# Objektorientierte Datenbanken



## siba (29. Sep 2006)

Arbeitet jemand von Euch mit Objektorientierten Datenbanken? Was für Erfahrungen habt Ihr dazu gemacht?


----------



## KSG9|sebastian (29. Sep 2006)

Habs mal n bissl angeschaut..hab damals db4o benutzt.
An sich recht komfortabel, aber oftmals ist es mit der Performance nicht so weit her, vor allem wenn du UPDATE oder DELETE-Rules über größere Objektstrukturen durchschleifen musst.


----------



## siba (29. Sep 2006)

Aber sollen objektorientierte Datenbanken nicht schneller und effektiver sein als relationale?


----------



## KSG9|sebastian (29. Sep 2006)

schau mal nach db4o, da haste glaub auch Performancetests.

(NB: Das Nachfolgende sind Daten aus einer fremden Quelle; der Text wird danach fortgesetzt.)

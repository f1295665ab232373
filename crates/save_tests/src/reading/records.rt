//! The records of the kinds that are still to come, each by itself.

use super::Stream;
use block_records::{BlockageRec, PinRec, PropRec, TrackRec, WireRec};
use block_store::{GroupEntry, RegionEntry, RowEntry};
use odb_base::{Coded, LayerId, Rect, Shape};
use odb_fields::Get;
use saved_reader::ReadFault;
use saved_reader::lists::Spelled;
use std::alloc::{AllocError, Global};
use std::process::Abort;
use std::test::Fail;

// The fields of each record, every one with a value that it may not have, or with nothing where it may have any.
const PIN: [(&[u8], &[u8]); 12] = [
    (b"\x05\0\0\0", b""),
    (b"\x02", b"\x04"),
    (b"\x0a\0\0\0", b"\x01\x94\x35\x77"),
    (b"\xf6\xff\xff\xff", b"\xff\x6b\xca\x88"),
    (b"\x04", b"\x08"),
    (b"\x01\0\0\0", b"\x41\x42\x0f\0"),
    (b"\x03\0\0\0", b""),
    (b"\xff\xff\xff\xff", b"\x01\x94\x35\x77"),
    (b"\0\0\0\0", b"\xff\x6b\xca\x88"),
    (b"\xff\xff\xff\xff", b"\xfe\xff\xff\xff"),
    (b"\x02\0\0\0", b"\xff\xff\xff\xff"),
    (b"\0\0\0\0", b"\x01\0\0\0k"),
];

const ROW: [(&[u8], &[u8]); 11] = [
    (b"\x01\0\0\0r", b"\x01\0\0\0*"),
    (b"\x02\0\0\0", b""),
    (b"\x0a\0\0\0", b"\x01\x94\x35\x77"),
    (b"\xf6\xff\xff\xff", b"\xff\x6b\xca\x88"),
    (b"\x05", b"\x08"),
    (b"\x02", b"\x03"),
    (b"\x40\x42\x0f\0", b"\x41\x42\x0f\0"),
    (b"\x01\0\0\0", b"\0\0\0\0"),
    (b"\0\x6c\xca\x88", b"\xff\x6b\xca\x88"),
    (b"\0\x94\x35\x77", b"\x01\x94\x35\x77"),
    (b"\0\0\0\0", b"\x01\0\0\0"),
];

const ROW_WITHOUT_STEP: [(&[u8], &[u8]); 11] = [
    (b"\x01\0\0\0r", b"\0\0\0\0"),
    (b"\x02\0\0\0", b""),
    (b"\x0a\0\0\0", b"\xff\x6b\xca\x88"),
    (b"\xf6\xff\xff\xff", b"\x01\x94\x35\x77"),
    (b"\x05", b"\xff"),
    (b"\x01", b"\xff"),
    (b"\x40\x42\x0f\0", b"\0\0\0\0"),
    (b"\x02\0\0\0", b"\x41\x42\x0f\0"),
    (b"\0\0\0\0", b"\x01\0\0\0"),
    (b"\0\0\0\0", b"\xff\xff\xff\xff"),
    (b"\0\0\0\0", b"\x01\0\0\0"),
];

const ROW_OF_ONE_SITE: [(&[u8], &[u8]); 11] = [
    (b"\x01\0\0\0r", b"\x01\0\0\0;"),
    (b"\x02\0\0\0", b""),
    (b"\x0a\0\0\0", b"\x01\x94\x35\x77"),
    (b"\xf6\xff\xff\xff", b"\xff\x6b\xca\x88"),
    (b"\x05", b"\x08"),
    (b"\0", b"\x03"),
    (b"\x01\0\0\0", b"\x02\0\0\0"),
    (b"\x01\0\0\0", b"\0\0\0\0"),
    (b"\0\0\0\0", b"\xff\xff\xff\xff"),
    (b"\0\0\0\0", b"\x01\0\0\0"),
    (b"\0\0\0\0", b"\x01\0\0\0"),
];

const TRACK: [(&[u8], &[u8]); 7] = [
    (b"\x01", b"\x02"),
    (b"\xf6\xff\xff\xff", b"\xff\x6b\xca\x88"),
    (b"\x40\x42\x0f\0", b"\x41\x42\x0f\0"),
    (b"\x01\0\0\0", b"\0\0\0\0"),
    (b"\x02\0\0\0", b"\x41\x42\x0f\0"),
    (b"\x07\0\0\0", b""),
    (b"\x03\0\0\0", b""),
];

const WIRE: [(&[u8], &[u8]); 4] = [
    (b"\x09\0\0\0", b""),
    (b"\x02", b"\x03"),
    (b"\x01", b"\x02"),
    (b"\0\0\0\0", b"\x01\0\0\0c"),
];

const BLOCKAGE: [(&[u8], &[u8]); 7] = [
    (b"\0\0\0\0", b""),
    (b"\x01\0\0\0", b"\x41\x42\x0f\0"),
    (b"\x01\0\0\0", b"\x01\x94\x35\x77"),
    (b"\x02\0\0\0", b"\xff\x6b\xca\x88"),
    (b"\x03\0\0\0", b"\0\0\0\0"),
    (b"\x04\0\0\0", b"\x01\0\0\0"),
    (b"\0\0\0\0", b"\x01\0\0\0k"),
];

const REGION: [(&[u8], &[u8]); 10] = [
    (b"\x01\0\0\0f", b"\x01\0\0\0\x7f"),
    (b"\x02", b"\x03"),
    (b"\x01\0\0\0", b"\0\0\0\0"),
    (b"\x01\0\0\0", b"\x01\x94\x35\x77"),
    (b"\x02\0\0\0", b"\xff\x6b\xca\x88"),
    (b"\x03\0\0\0", b"\0\0\0\0"),
    (b"\x04\0\0\0", b"\x01\0\0\0"),
    (b"\0\0\0\0", b"\x01\0\0\0"),
    (b"\0\0\0\0", b"\x01\0\0\0"),
    (b"\0\0\0\0", b"\x01\0\0\0k"),
];

const GROUP: [(&[u8], &[u8]); 7] = [
    (b"\x01\0\0\0g", b"\xff\xff\xff\xff"),
    (b"\x04\0\0\0", b""),
    (b"\x02\0\0\0", b""),
    (b"\x08\0\0\0", b""),
    (b"\x06\0\0\0", b""),
    (b"\0\0\0\0", b"\x01\0\0\0"),
    (b"\0\0\0\0", b"\x01\0\0\0k"),
];

const PROP: [(&[u8], &[u8]); 3] = [
    (b"\x03\0\0\0", b""),
    (b"\x0b\0\0\0", b""),
    (b"\0\0\0\0", b"\x01\0\0\0v"),
];

// The fields, of which that of this number, from 1, has another value; 0 for none.
fn stream_of(
    alloc: Global,
    fields: &[(&[u8], &[u8])],
    number: usize,
) -> Result<Stream, AllocError> {
    let mut stream = Stream {
        bytes: Vec::new(alloc),
        left: number,
        at: 0,
        any: true,
    };
    stream.put(fields)?;
    Ok(stream)
}

// Tries each value that a field may not have, and answers how many there are.
fn judged<T: Spelled>(
    rt: &impl Abort,
    alloc: Global,
    fields: &[(&[u8], &[u8])],
) -> Result<u32, AllocError> {
    let mut count = 0u32;
    for number in 0..fields.len() {
        let changed = stream_of(alloc, fields, number + 1)?;
        if !changed.any {
            count = count.saturating_add(1);
            let read = T::get(alloc, &mut Get::new(&changed.bytes));
            assert_eq!(rt; read.err(), Some(ReadFault::BadField { at: changed.at }));
        }
    }
    Ok(count)
}

#[test]
fn each_field_of_each_record_is_judged(rt: HostRuntime) -> Result<(), Fail> {
    let alloc = rt.alloc();
    assert_eq!(rt; judged::<PinRec>(&rt, alloc, &PIN)?, 10);
    assert_eq!(rt; judged::<RowEntry>(&rt, alloc, &ROW)?, 10);
    assert_eq!(rt; judged::<RowEntry>(&rt, alloc, &ROW_WITHOUT_STEP)?, 10);
    assert_eq!(rt; judged::<RowEntry>(&rt, alloc, &ROW_OF_ONE_SITE)?, 10);
    assert_eq!(rt; judged::<TrackRec>(&rt, alloc, &TRACK)?, 5);
    assert_eq!(rt; judged::<WireRec>(&rt, alloc, &WIRE)?, 3);
    assert_eq!(rt; judged::<BlockageRec>(&rt, alloc, &BLOCKAGE)?, 6);
    assert_eq!(rt; judged::<RegionEntry>(&rt, alloc, &REGION)?, 10);
    assert_eq!(rt; judged::<GroupEntry>(&rt, alloc, &GROUP)?, 3);
    assert_eq!(rt; judged::<PropRec>(&rt, alloc, &PROP)?, 1);
    Ok(())
}

// What lawful fields are read as, and that nothing of them is left.
fn whole<T: Spelled>(
    rt: &impl Abort,
    alloc: Global,
    fields: &[(&[u8], &[u8])],
) -> Result<T, ReadFault> {
    let lawful = stream_of(alloc, fields, 0)?;
    let mut input = Get::new(&lawful.bytes);
    let read = T::get(alloc, &mut input)?;
    assert_eq!(rt; input.place(), lawful.bytes.len() as u64);
    Ok(read)
}

#[test]
fn pins(rt: HostRuntime) -> Result<(), Fail> {
    let pin: PinRec = whole(&rt, rt.alloc(), &PIN)?;
    assert_eq!(rt;
        (pin.bterm, pin.place.status.code(), pin.place.x),
        (5, 2, 10)
    );
    assert_eq!(rt; (pin.place.y, pin.place.orientation.code()), (-10, 4));
    let box_on_3 = Shape {
        layer: LayerId(3),
        rect: Rect {
            xl: -1,
            yl: 0,
            xh: -1,
            yh: 2,
        },
    };
    assert!(rt; pin.boxes.items() == [box_on_3].as_slice());
    Ok(())
}

#[test]
fn rows(rt: HostRuntime) -> Result<(), Fail> {
    full_row(&rt, rt.alloc())?;
    short_row(&rt, rt.alloc(), &ROW_OF_ONE_SITE, (0, 1, 1))?;
    short_row(&rt, rt.alloc(), &ROW_WITHOUT_STEP, (1, 1_000_000, 2))
}

fn full_row(rt: &impl Abort, alloc: Global) -> Result<(), Fail> {
    let row: RowEntry = whole(rt, alloc, &ROW)?;
    assert!(rt; row.fields.name.bytes() == b"r".as_slice());
    assert_eq!(rt; (row.fields.site, row.fields.x, row.fields.y), (2, 10, -10));
    assert_eq!(rt;
        (row.fields.orientation.code(), row.fields.form.code()),
        (5, 2)
    );
    assert_eq!(rt; (row.fields.nx, row.fields.ny), (1_000_000, 1));
    assert_eq!(rt;
        (row.fields.sx, row.fields.sy),
        (-2_000_000_000, 2_000_000_000)
    );
    Ok(())
}

// A row without a step, of this form and with so many sites along each axis.
fn short_row(
    rt: &impl Abort,
    alloc: Global,
    fields: &[(&[u8], &[u8])],
    read: (u8, u32, u32),
) -> Result<(), Fail> {
    let row: RowEntry = whole(rt, alloc, fields)?;
    assert_eq!(rt;
        (row.fields.form.code(), row.fields.nx, row.fields.ny),
        read
    );
    assert_eq!(rt; (row.fields.sx, row.fields.sy), (0, 0));
    Ok(())
}

#[test]
fn tracks(rt: HostRuntime) -> Result<(), Fail> {
    let track: TrackRec = whole(&rt, rt.alloc(), &TRACK)?;
    assert_eq!(rt; (track.axis.code(), track.start), (1, -10));
    assert_eq!(rt; (track.count, track.step), (1_000_000, 1));
    assert!(rt; track.layers.items() == [7, 3].as_slice());
    Ok(())
}

#[test]
fn wires(rt: HostRuntime) -> Result<(), Fail> {
    let wire: WireRec = whole(&rt, rt.alloc(), &WIRE)?;
    assert_eq!(rt; (wire.net, wire.status.code(), wire.special), (9, 2, true));
    Ok(())
}

#[test]
fn blockages(rt: HostRuntime) -> Result<(), Fail> {
    let blockage: BlockageRec = whole(&rt, rt.alloc(), &BLOCKAGE)?;
    assert_eq!(rt; blockage.layer, 0);
    assert!(rt; blockage.rects.items() == [FIELD].as_slice());
    Ok(())
}

// The rectangle of the blockage and of the region.
const FIELD: Rect = Rect {
    xl: 1,
    yl: 2,
    xh: 3,
    yh: 4,
};

#[test]
fn regions(rt: HostRuntime) -> Result<(), Fail> {
    let region: RegionEntry = whole(&rt, rt.alloc(), &REGION)?;
    assert!(rt; region.fields.name.bytes() == b"f".as_slice());
    assert_eq!(rt; region.fields.sort.code(), 2);
    assert!(rt; region.fields.rects.items() == [FIELD].as_slice());
    Ok(())
}

#[test]
fn groups(rt: HostRuntime) -> Result<(), Fail> {
    let group: GroupEntry = whole(&rt, rt.alloc(), &GROUP)?;
    assert!(rt; group.fields.name.bytes() == b"g".as_slice());
    assert_eq!(rt; group.fields.region, 4);
    assert!(rt; group.members.items() == [8, 6].as_slice());
    Ok(())
}

#[test]
fn properties(rt: HostRuntime) -> Result<(), Fail> {
    let prop: PropRec = whole(&rt, rt.alloc(), &PROP)?;
    assert_eq!(rt; (prop.definition, prop.object), (3, 11));
    Ok(())
}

Ich hab noch net intensiv damit gearbeitet weil ne relationale DB mit nem OR-Mappingtool eigentlich meine Ansprüche erfüllt


----------



## hupfdule (29. Sep 2006)

Also gleich auf der Eingangsseite haben sie nen in Bezug auf Performance schon recht große Töne:



> db4o 55x Faster than Hibernate in OO7 Benchmark



Auch, wenn das sicherlich übertrieben ist und nur in Extremsituationen so sein wird, scheint die Grundaussage der besseren Performance ja schon da zu sein. Ob das nun allgemeingültig ist, weiß ich nicht. Habe mit reinen Objektdatenbanken noch keine Erfahrungen. Welche gibt es denn noch?


----------